Overall, simultaneous (comorbid) fibromyalgia was detected in 30.3% of the patients. However, researchers noted that FM was more prominent in people with chronic migraines and those having migraines with aura, that is, people who experience headaches associated with neurological symptoms, most commonly visual disturbances.
Even though the association of FM and migraine with aura has been controversial, with conflicting evidence, researchers think the possible association between both warrants further investigation in larger studies.
Comparisons between patients with and without FM revealed that headache frequency, migraine disease duration, headache impact test and disability — assessed by Migraine Disability Assessment Score (MIDAS) — were higher in patients with FM.
Moreover, FM was associated with a poorer vitality and role limitations due to emotional problems, which might be related to more severe migraines and the added burden of FM symptoms.

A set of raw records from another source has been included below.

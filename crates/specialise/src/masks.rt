//! Which blocks are reached, and which results stay.
ghost use Rattle.std.specs.Prelude.{◌≡◌, ◌+◌, ◌<◌, ◌≤◌, ◌^◌, ◌++◌, ◌&&◌, IfOk, OnOk, drop, length, map, take};
ghost use Rattle.ir_syntax.specs.Results.{block_results};
ghost use Rattle.fold_facts.specs.OfFunction.{IsAssignmentIn, results_in};
ghost use Rattle.interface.specs.Summaries.{reached as reached_in};
ghost use Rattle.specialise.specs.Leaving.{is_open as open_by, kept as kept_in};

use fold_facts::{Assignment, Fact};
use interface::{Mask, result_count};
use ir_syntax::Block;
use ir_types::{Known, List, OutOfMemory};
use std::alloc::Global;

/// Which of the blocks are reached.
pub(crate) fn reached_of(
    alloc: Global,
    a: &Assignment,
    blocks: &[Block],
) -> Result<Mask, OutOfMemory>
    requires of { IsAssignmentIn blocks.now a.now }
    ensures { IfOk result (λ mask. mask ≡ reached_in a.now blocks.now) }
{
    let mut flags = List::new(alloc);
    for place in 0..blocks.len() {
        flags.push(a.is_reached(place))?;
    }
    Mask::of(alloc, flags)
}

/// Whether the fact is no one value.
fn is_open(fact: Fact) -> bool
    ensures { result ≡ open_by fact }
{
    match fact {
        Fact::Unreached => true,
        Fact::One(Known::Unknown) => true,
        Fact::One(Known::Num(_)) => false,
        Fact::One(Known::Null) => false,
        Fact::Varying => true,
    }
}

/// Whether a result of a block stays, which is reached or not.
fn stays(is_reached: bool, fact: Fact) -> bool
    ensures { result ≡ (is_reached && open_by fact) }
{
    if is_reached {
        return is_open(fact);
    }
    false
}

/// Adds the flags of so many results that are next, whose block is reached or not.
fn add_flags(
    flags: &mut List<bool>,
    is_reached: bool,
    facts: &[Fact],
    count: usize,
) -> Result<(), OutOfMemory>
    requires { length flags.old + count ≤ length facts.now }
    ensures { OnOk result (flags.new ≡ flags.old ++ map (λ fact. is_reached && open_by fact) (take count (drop (length flags.old) facts.now))) }
{
    let first = flags.len();
    for fact in &facts[first..first + count] {
        flags.push(stays(is_reached, *fact))?;
    }
    Ok(())
}

/// Which results stay: those of reached blocks that have no known value.
pub(crate) fn kept_of(
    alloc: Global,
    a: &Assignment,
    facts: &[Fact],
    blocks: &[Block],
) -> Result<Mask, OutOfMemory>
    requires of { IsAssignmentIn blocks.now a.now }
    requires few { length (results_in blocks.now) < 2 ^ 64 }
    requires facts { facts.now ≡ a.now.facts }
    ensures { IfOk result (λ mask. mask ≡ kept_in a.now blocks.now) }
{
    let mut flags = List::new(alloc);
    for (place, block) in blocks.iter().enumerate() {
        add_flags(&mut flags, a.is_reached(place), facts, result_count(block))?;
    }
    Mask::of(alloc, flags)
}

“The results of our study may suggest the presence of FM as a clinical sign of a more severe migraine,” researchers wrote.
“The significance of our study was that we conducted the analyses of the possible effect of FM by multiple statistical methods which all confirmed the association, making the results more reliable,” they added.
“However, the long-term prospective studies including these group of patients are needed to understand the prognostic impact and importance of the comorbid FM in migraine,” they stressed.